*Extracted material*:
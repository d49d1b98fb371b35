//! What is reported of each kind of broken run, and of faults in each part of the input.
use pa_audit_input::judge;
use pa_rules::{Clause, Verdict};
use pa_trace::TraceFault;
use std::alloc::Global;
use std::test::Fail;

const TRACE: &[u8] = b"trace 1 region 1 partitions 1 threads 1
0 A r0 p0 1
0 F r0
";

// Lines of its run.
const HEAD: &[u8] = b"run 1\n";

const MADE: &[u8] = b"e 2 0 made 00004000.0 8 0000000000000000\n";

const FREED: &[u8] = b"e 3 0 done 00004000.0 0000000001000001\n";

const REST: &[u8] =
    b"r 0 0 2 fill 0 0 00004000.0@0 00004010.0@0 00004020.0@0 00004030.0@0 00004040.0@0 00004050.0@0 00004060.0@0 00004070.0@0
p 0 2 0 take 1 0
s 1 0 live 0 0 quarantined 0 0 cached 8 128 root 248 3968 committed 4096 reserved 2097152 full 0 active 1 empty 0 decommitted 0
";

const END: &[u8] = b"end\n";

// These parts, one after the other.
fn joined(alloc: Global, parts: &[&[u8]]) -> Result<Vec<u8>, Fail> {
    let mut input = Vec::new(alloc);
    for part in parts {
        input.extend_from_slice(part)?;
    }
    Ok(input)
}

// What is reported of these parts, one after the other.
fn told(alloc: Global, parts: &[&[u8]]) -> Result<Result<Verdict, TraceFault>, Fail> {
    let input = joined(alloc, parts)?;
    if input.len() > 10000 {
        return Err("a long input".into());
    }
    Ok(judge(alloc, input.as_slice()))
}

#[test]
fn a_broken_run_is_told_by_the_line_of_the_whole_input(rt: HostRuntime) -> Result<(), Fail> {
    let found = b"e 3 0 done 00004000.0 0000000002000001\n";
    let usable = b"e 2 0 made 00004000.0 16 0000000000000000\n";
    let rows: [(&[u8], &[u8], Verdict); 4] = [
        (MADE, FREED, Verdict::Legal),
        (MADE, found, Verdict::Broken(Clause::Slots, 6)),
        (MADE, b"", Verdict::Broken(Clause::Lines, 6)),
        (usable, FREED, Verdict::Broken(Clause::Registers, 5)),
    ];
    for (made, freed, verdict) in rows {
        let parts = [TRACE, HEAD, made, freed, REST, END];
        assert_eq!(rt; told(rt.alloc(), &parts)?, Ok(verdict));
    }
    Ok(())
}

#[test]
fn the_first_faulty_line_of_either_part_is_named(rt: HostRuntime) -> Result<(), Fail> {
    let bad = |line| TraceFault::BadLine(line);
    let long: &[u8] = b"trace 1 region 17 partitions 1 threads 1\nrun 1\nend\n";
    let rows: [(&[&[u8]], TraceFault); 12] = [
        (&[], bad(1)),
        (&[HEAD, END], bad(1)),
        (&[TRACE], bad(4)),
        (&[&TRACE[..TRACE.len() - 1]], bad(3)),
        (&[TRACE, b"run 1"], bad(4)),
        (&[TRACE, HEAD], bad(5)),
        (&[TRACE, HEAD, MADE, FREED, REST], bad(10)),
        (&[TRACE, HEAD, MADE, FREED, REST, b"end"], bad(10)),
        (&[TRACE, HEAD, MADE, FREED, REST, END, END], bad(11)),
        (&[TRACE, HEAD, MADE, FREED, REST, END, HEAD], bad(11)),
        (&[TRACE, HEAD, MADE, FREED, REST, END, b"\n"], bad(11)),
        (&[long], TraceFault::Limit(1)),
    ];
    for (parts, fault) in rows {
        assert_eq!(rt; told(rt.alloc(), parts)?, Err(fault));
    }
    Ok(())
}
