ghost use Rattle.std.specs.Prelude.{◌≡◌, ◌<◌, ◌≤◌, ◌+◌, ◌↔◌, [], ◌∷◌, IsSome, IsTrue, IfOk, Some, length};
ghost use Rattle.pa_trace.specs.Limits.{IsOpWithin, register_count};
ghost use Rattle.pa_trace.specs.declared.script.Line.TheVariants.{Do};
ghost use Rattle.pa_trace.specs.declared.script.Op.TheVariants.{Read};
ghost use Rattle.pa_record.specs.declared.entry.Answer.TheVariants.{Value};
ghost use Rattle.pa_script.specs.Limits.{IsScriptLineWithin, named_count};
ghost use Rattle.pa_model.specs.Player.{IsGoing, ReadsOwned, owned_by};
ghost use Rattle.pa_resize.specs.Expansion.{HasNoRoom, moving};
ghost use Rattle.pa_resize.specs.Playing.{PlaysScriptLine, Resizes, Went, WentBy, next_record};

use crate::sizes::slot_size_for;
use crate::verdict::Verdict;
use pa_direct::GREATEST_SIZE;
use pa_model::Player;
use pa_player::{Output, Told};
use pa_record::{Answer, Seen};
use pa_script::{NAMED, ScriptLine};
use pa_slot::{OutOfMemory, refs};
use pa_trace::{Line, Op};
use pa_trace_writer::{Keeper, Kept};

// Plays a line of a script. Returns its verdict if it is a resize.
pub(crate) fn play_line<O: Output, K: Keeper>(
    player: &mut Player<Told<O>, Kept<K>>,
    line: ScriptLine,
) -> Result<Option<Verdict>, OutOfMemory>
    requires going { IsGoing player.old }
    requires first { player.old.lines.head.version ≡ 1 }
    requires few { length player.old.lines.items + 6 ≤ 65535 }
    requires within { IsScriptLineWithin player.old.lines.head.partitions player.old.lines.head.threads line }
    ensures { IfOk result (λ verdict. PlaysScriptLine player.old line verdict player.new) }
{
    match line {
        ScriptLine::Plain(line) => {
            player.line(line)?;
            Ok(None)
        }
        ScriptLine::Resize { thread, reg, size } => {
            let verdict = resize(player, thread, reg, size)?;
            Ok(Some(verdict))
        }
    }
}

// Gives what a register owns another size.
fn resize<O: Output, K: Keeper>(
    player: &mut Player<Told<O>, Kept<K>>,
    thread: u32,
    reg: u32,
    size: u32,
) -> Result<Verdict, OutOfMemory>
    requires going { IsGoing player.old }
    requires first { player.old.lines.head.version ≡ 1 }
    requires few { length player.old.lines.items + 6 ≤ 65535 }
    requires thread { thread < player.old.lines.head.threads }
    requires reg { reg < named_count }
    ensures { IfOk result (λ verdict. Resizes player.old thread reg size verdict player.new) }
{
    let Some(owned) = player.own(thread, reg) else {
        return Ok(Verdict::NotOwn);
    };
    let (seen, value) = look(player, thread, reg)?;
    if refs(seen.found) > 0 {
        return Ok(Verdict::Shared);
    }
    if size > GREATEST_SIZE {
        return Ok(Verdict::TooLarge);
    }
    if slot_size_for(size) == owned.len {
        return Ok(Verdict::Kept);
    }
    let request = Op::Alloc {
        reg: NAMED,
        partition: owned.partition,
        size,
    };
    let answer = play_op(player, thread, request)?;
    if is_full(answer) {
        return Ok(Verdict::NoRoom);
    }
    hand_over(player, thread, reg, value)?;
    Ok(Verdict::Moved)
}

// Reads the first word of what a register owns. Returns what was found of its slot, and the value.
fn look<O: Output, K: Keeper>(
    player: &mut Player<Told<O>, Kept<K>>,
    thread: u32,
    reg: u32,
) -> Result<(Seen, u64), OutOfMemory>
    requires going { IsGoing player.old }
    requires few { length player.old.lines.items < 65535 }
    requires thread { thread < player.old.lines.head.threads }
    requires reg { reg < register_count }
    requires owned { IsSome (owned_by player.old thread reg) }
    ensures { IfOk result (λ found.
        Went player.old (next_record player.old thread (Read reg 0) (Value found.0 found.1) ∷ []) player.new) }
{
    match play_op(player, thread, Op::Read { reg, place: 0 })? {
        Answer::Value { seen, value } => Ok((seen, value)),
        _ => unreachable!(),
    }
}

// Writes the value to what was allocated into the spare register, frees what the register owns, and hands the new slot over.
fn hand_over<O: Output, K: Keeper>(
    player: &mut Player<Told<O>, Kept<K>>,
    thread: u32,
    reg: u32,
    value: u64,
) -> Result<(), OutOfMemory>
    requires going { IsGoing player.old }
    requires few { length player.old.lines.items + 4 ≤ 65535 }
    requires thread { thread < player.old.lines.head.threads }
    requires reg { reg < named_count }
    ensures { IfOk result (λ done. WentBy player.old thread (moving reg value) player.new) }
{
    play_op(player, thread, Op::Write { reg: NAMED, value })?;
    play_op(player, thread, Op::Free { reg })?;
    play_op(
        player,
        thread,
        Op::Swap {
            cell: NAMED,
            reg: NAMED,
        },
    )?;
    play_op(player, thread, Op::Swap { cell: NAMED, reg })?;
    Ok(())
}

// Plays an op, and returns its answer.
fn play_op<O: Output, K: Keeper>(
    player: &mut Player<Told<O>, Kept<K>>,
    thread: u32,
    op: Op,
) -> Result<Answer, OutOfMemory>
    requires going { IsGoing player.old }
    requires few { length player.old.lines.items < 65535 }
    requires thread { thread < player.old.lines.head.threads }
    requires op { IsOpWithin player.old.lines.head.partitions op }
    ensures went { IfOk result (λ answer. Went player.old (next_record player.old thread op answer ∷ []) player.new) }
    ensures owned { IfOk result (λ answer. ReadsOwned player.old (Do thread op) (Some answer)) }
{
    match player.line(Line::Do { thread, op })? {
        Some(answer) => Ok(answer),
        None => unreachable!(),
    }
}

// Whether there was no room.
fn is_full(answer: Answer) -> bool
    ensures { IsTrue result ↔ HasNoRoom answer }
{
    matches!(answer, Answer::Full { .. })
}
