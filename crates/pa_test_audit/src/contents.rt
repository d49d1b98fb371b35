ghost use Rattle.std.specs.Prelude.{◌≡◌, ◌↔◌, ◌<◌, ◌-◌, ◌^◌, All, IsTrue, length};
ghost use Rattle.std.specs.Bool.{OnTrue};
ghost use Rattle.pa_audit_records.specs.Rows.{NamesRegisters, IsPlayedWithin};

use pa_audit_order::contents_meet;
use pa_audit_records::{Salt, records_of, registers_meet, slots_meet};
use pa_record::{Answer, CellEntry, Entry, Held, History, Seen};
use pa_rules::Played;
use pa_slot::{OutOfMemory, SlotName, Word};
use pa_trace::{Line, Op, Rules};
use std::alloc::Global;
use std::test::Fail;

// The first slot of a class of 16 bytes.
pub(crate) const FIRST: SlotName = SlotName {
    start: 16384,
    born: 0,
};

// The rules of version 1 in a trace of four partitions.
pub(crate) const RULES: Rules = Rules {
    version: 1,
    plain_from: 4,
};

// The rules of a version in a trace of four partitions.
pub(crate) fn rules_of(version: u32) -> Rules {
    let plain_from = 4;
    Rules {
        version,
        plain_from,
    }
}

const POISON: u64 = 0xefef_efef_efef_efef;

pub(crate) const ALLOC: Op = Op::Alloc {
    reg: 0,
    partition: 0,
    size: 8,
};

// An op of a thread.
pub(crate) fn line(thread: u32, op: Op) -> Line {
    Line::Do { thread, op }
}

// A record of a thread.
pub(crate) fn entry(line: u32, thread: u32, answer: Answer) -> Entry {
    Entry {
        line,
        thread,
        answer,
    }
}

// The slot at a count word.
pub(crate) fn seen(word: u64) -> Seen {
    Seen {
        slot: FIRST,
        found: Word(word),
    }
}

pub(crate) fn made(word: u64) -> Answer {
    Answer::Made {
        seen: seen(word),
        usable: 8,
    }
}

pub(crate) fn done(word: u64) -> Answer {
    Answer::Done { seen: seen(word) }
}

pub(crate) fn value(word: u64, value: u64) -> Answer {
    Answer::Value {
        seen: seen(word),
        value,
    }
}

pub(crate) const READ: Op = Op::Read { reg: 0, place: 0 };

// Whether the op names registers below 64.
fn names_registers(op: Op) -> bool
    ensures { IsTrue result ↔ NamesRegisters op }
{
    match op {
        Op::Alloc { reg, .. }
        | Op::Reset { reg }
        | Op::Free { reg }
        | Op::Write { reg, .. }
        | Op::Read { reg, .. }
        | Op::Swap { reg, .. } => reg < 64,
        Op::Copy { from, to } => from < 64 && to < 64,
        Op::Purge => true,
    }
}

// Whether each record is of a thread and of registers that exist.
pub(crate) fn all_within(records: &[Played]) -> bool
    ensures { OnTrue result (All IsPlayedWithin records.now) }
{
    for record in records {
        if record.thread >= 16 || !names_registers(record.op) {
            return false;
        }
    }
    true
}

// The first record that read what it may not report. The greatest number if a clause before contents isn't met.
fn contents_of(
    alloc: Global,
    lines: &[Line],
    entries: &[Entry],
    cells: &[History],
) -> Result<Option<u32>, OutOfMemory>
    requires { length lines.now < 2 ^ 32 - 2 }
{
    let told = records_of(alloc, RULES, lines, entries)?;
    let records = told.as_slice();
    if !all_within(records) {
        return Ok(Some(u32::MAX));
    }
    let salt = Salt::of(records, &[]);
    if let Some(_at) = registers_meet(alloc, salt, RULES.version, records, cells)? {
        return Ok(Some(u32::MAX));
    }
    if let Some(_at) = slots_meet(alloc, salt, records)? {
        return Ok(Some(u32::MAX));
    }
    contents_meet(alloc, records, cells)
}

// The history of a cell.
pub(crate) fn history(alloc: Global, exchanges: &[CellEntry]) -> Result<History, OutOfMemory> {
    let mut history = History::new(alloc);
    for exchange in exchanges {
        history.push(*exchange)?;
    }
    Ok(history)
}

pub(crate) fn gave(line: u32, gave: Held, found: Held) -> CellEntry {
    CellEntry { line, gave, found }
}

// An object is read, written, read, freed, made again and read.
fn filled_lines() -> [Line; 7] {
    [
        line(0, ALLOC),
        line(0, READ),
        line(0, Op::Write { reg: 0, value: 42 }),
        line(0, READ),
        line(0, Op::Free { reg: 0 }),
        line(0, ALLOC),
        line(0, READ),
    ]
}

// What was read before the write, after it, and from the object that was made again.
fn filled_entries(first: u64, written: u64, again: u64) -> [Entry; 7] {
    [
        entry(2, 0, made(0)),
        entry(3, 0, value(0x100_0001, first)),
        entry(4, 0, done(0x100_0001)),
        entry(5, 0, value(0x200_0001, written)),
        entry(6, 0, done(0x200_0001)),
        entry(7, 0, made(0x300_0000)),
        entry(8, 0, value(0x400_0001, again)),
    ]
}

#[test]
fn a_read_gives_what_was_written_last(rt: HostRuntime) {
    let lines = filled_lines();
    let told = contents_of(rt.alloc(), &lines, &filled_entries(0, 42, 0), &[]);
    assert!(rt; told == Ok(None));
}

#[test]
fn contents_tell_a_read_of_what_is_not_written_yet(rt: HostRuntime) {
    let lines = filled_lines();
    let told = contents_of(rt.alloc(), &lines, &filled_entries(42, 42, 0), &[]);
    assert!(rt; told == Ok(Some(1)));
}

#[test]
fn contents_tell_a_read_that_misses_a_write(rt: HostRuntime) {
    let lines = filled_lines();
    let told = contents_of(rt.alloc(), &lines, &filled_entries(0, 0, 42), &[]);
    assert!(rt; told == Ok(Some(3)));
}

#[test]
fn contents_tell_a_content_that_outlived_its_object(rt: HostRuntime) {
    let lines = filled_lines();
    let told = contents_of(rt.alloc(), &lines, &filled_entries(0, 42, 42), &[]);
    assert!(rt; told == Ok(Some(6)));
}

// An object is read through a raw_ptr before and after its owner freed it, all on one thread.
fn freed_lines() -> [Line; 5] {
    [
        line(0, ALLOC),
        line(0, Op::Copy { from: 0, to: 1 }),
        line(0, Op::Read { reg: 1, place: 0 }),
        line(0, Op::Free { reg: 0 }),
        line(0, Op::Read { reg: 1, place: 0 }),
    ]
}

fn freed_entries(held: u64, freed: u64) -> [Entry; 5] {
    [
        entry(2, 0, made(0)),
        entry(3, 0, done(0x100_0001)),
        entry(4, 0, value(0x200_0003, held)),
        entry(5, 0, done(0x200_0003)),
        entry(
            6,
            0,
            Answer::Dangling {
                seen: seen(0x300_0002),
                value: freed,
            },
        ),
    ]
}

#[test]
fn a_read_of_what_is_freed_gives_poison(rt: HostRuntime) {
    let lines = freed_lines();
    let told = contents_of(rt.alloc(), &lines, &freed_entries(0, POISON), &[]);
    assert!(rt; told == Ok(None));
}

#[test]
fn contents_tell_a_freed_slot_that_was_not_poisoned(rt: HostRuntime) {
    let lines = freed_lines();
    let told = contents_of(rt.alloc(), &lines, &freed_entries(0, 0), &[]);
    assert!(rt; told == Ok(Some(4)));
}

#[test]
fn contents_tell_poison_where_the_same_thread_frees(rt: HostRuntime) {
    let lines = freed_lines();
    let told = contents_of(rt.alloc(), &lines, &freed_entries(POISON, POISON), &[]);
    assert!(rt; told == Ok(Some(2)));
}

// Thread 1 gets a raw_ptr through a cell and reads, and thread 0, which owns the object, frees it:
// before that a new phase may begin.
fn shared_lines(before_free: Line) -> [Line; 7] {
    [
        line(0, ALLOC),
        line(0, Op::Copy { from: 0, to: 1 }),
        line(0, Op::Swap { cell: 0, reg: 1 }),
        line(1, Op::Swap { cell: 0, reg: 0 }),
        line(1, READ),
        before_free,
        line(0, Op::Free { reg: 0 }),
    ]
}

fn shared_exchanges() -> [CellEntry; 2] {
    [
        gave(4, Held::Ref(FIRST), Held::Nothing),
        gave(5, Held::Nothing, Held::Ref(FIRST)),
    ]
}

// The records up to the read, which gave this value.
fn shared_entries(read: u64) -> [Entry; 5] {
    [
        entry(2, 0, made(0)),
        entry(3, 0, done(0x100_0001)),
        entry(4, 0, Answer::Swapped { entry: 0 }),
        entry(5, 1, Answer::Swapped { entry: 1 }),
        entry(6, 1, value(0x200_0003, read)),
    ]
}

// What a run with these lines reports, in which thread 1 read poison: the record of the line before the free is this one.
fn shared_told(
    alloc: Global,
    before_free: Line,
    record: Option<Entry>,
) -> Result<Option<u32>, OutOfMemory> {
    let lines = shared_lines(before_free);
    let mut entries = Vec::new(alloc);
    for told in &shared_entries(POISON) {
        entries.push(*told)?;
    }
    if let Some(told) = record {
        entries.push(told)?;
    }
    entries.push(entry(8, 0, done(0x200_0003)))?;
    let cells = [history(alloc, &shared_exchanges())?];
    contents_of(alloc, &lines, &entries, &cells)
}

#[test]
fn a_read_may_find_poison_while_another_thread_frees(rt: HostRuntime) {
    let purge = entry(7, 1, Answer::Purged { slots: 0 });
    let told = shared_told(rt.alloc(), line(1, Op::Purge), Some(purge));
    assert!(rt; told == Ok(None));
}

#[test]
fn contents_tell_poison_of_a_free_of_the_next_phase(rt: HostRuntime) {
    let told = shared_told(rt.alloc(), Line::Phase, None);
    assert!(rt; told == Ok(Some(4)));
}

#[test]
fn contents_tell_poison_that_an_owner_read(rt: HostRuntime) -> Result<(), Fail> {
    let lines = [
        line(0, ALLOC),
        line(0, READ),
        line(0, Op::Swap { cell: 0, reg: 0 }),
        line(1, Op::Swap { cell: 0, reg: 0 }),
        line(1, Op::Free { reg: 0 }),
    ];
    let entries = [
        entry(2, 0, made(0)),
        entry(3, 0, value(0x100_0001, POISON)),
        entry(4, 0, Answer::Swapped { entry: 0 }),
        entry(5, 1, Answer::Swapped { entry: 1 }),
        entry(6, 1, done(0x100_0001)),
    ];
    let exchanges = [
        gave(4, Held::Own(FIRST), Held::Nothing),
        gave(5, Held::Nothing, Held::Own(FIRST)),
    ];
    let cells = [history(rt.alloc(), &exchanges)?];
    let told = contents_of(rt.alloc(), &lines, &entries, &cells);
    assert!(rt; told == Ok(Some(1)));
    Ok(())
}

*Directions for this task*: Reproduce word for word the material above, beginning with the line that contains "return Ok(Verdict::NoRoom);" and ending with the line that contains "result (λ found.".

*Completed task*:
        return Ok(Verdict::NoRoom);
    }
    hand_over(player, thread, reg, value)?;
    Ok(Verdict::Moved)
}

// Reads the first word of what a register owns. Returns what was found of its slot, and the value.
fn look<O: Output, K: Keeper>(
    player: &mut Player<Told<O>, Kept<K>>,
    thread: u32,
    reg: u32,
) -> Result<(Seen, u64), OutOfMemory>
    requires going { IsGoing player.old }
    requires few { length player.old.lines.items < 65535 }
    requires thread { thread < player.old.lines.head.threads }
    requires reg { reg < register_count }
    requires owned { IsSome (owned_by player.old thread reg) }
    ensures { IfOk result (λ found.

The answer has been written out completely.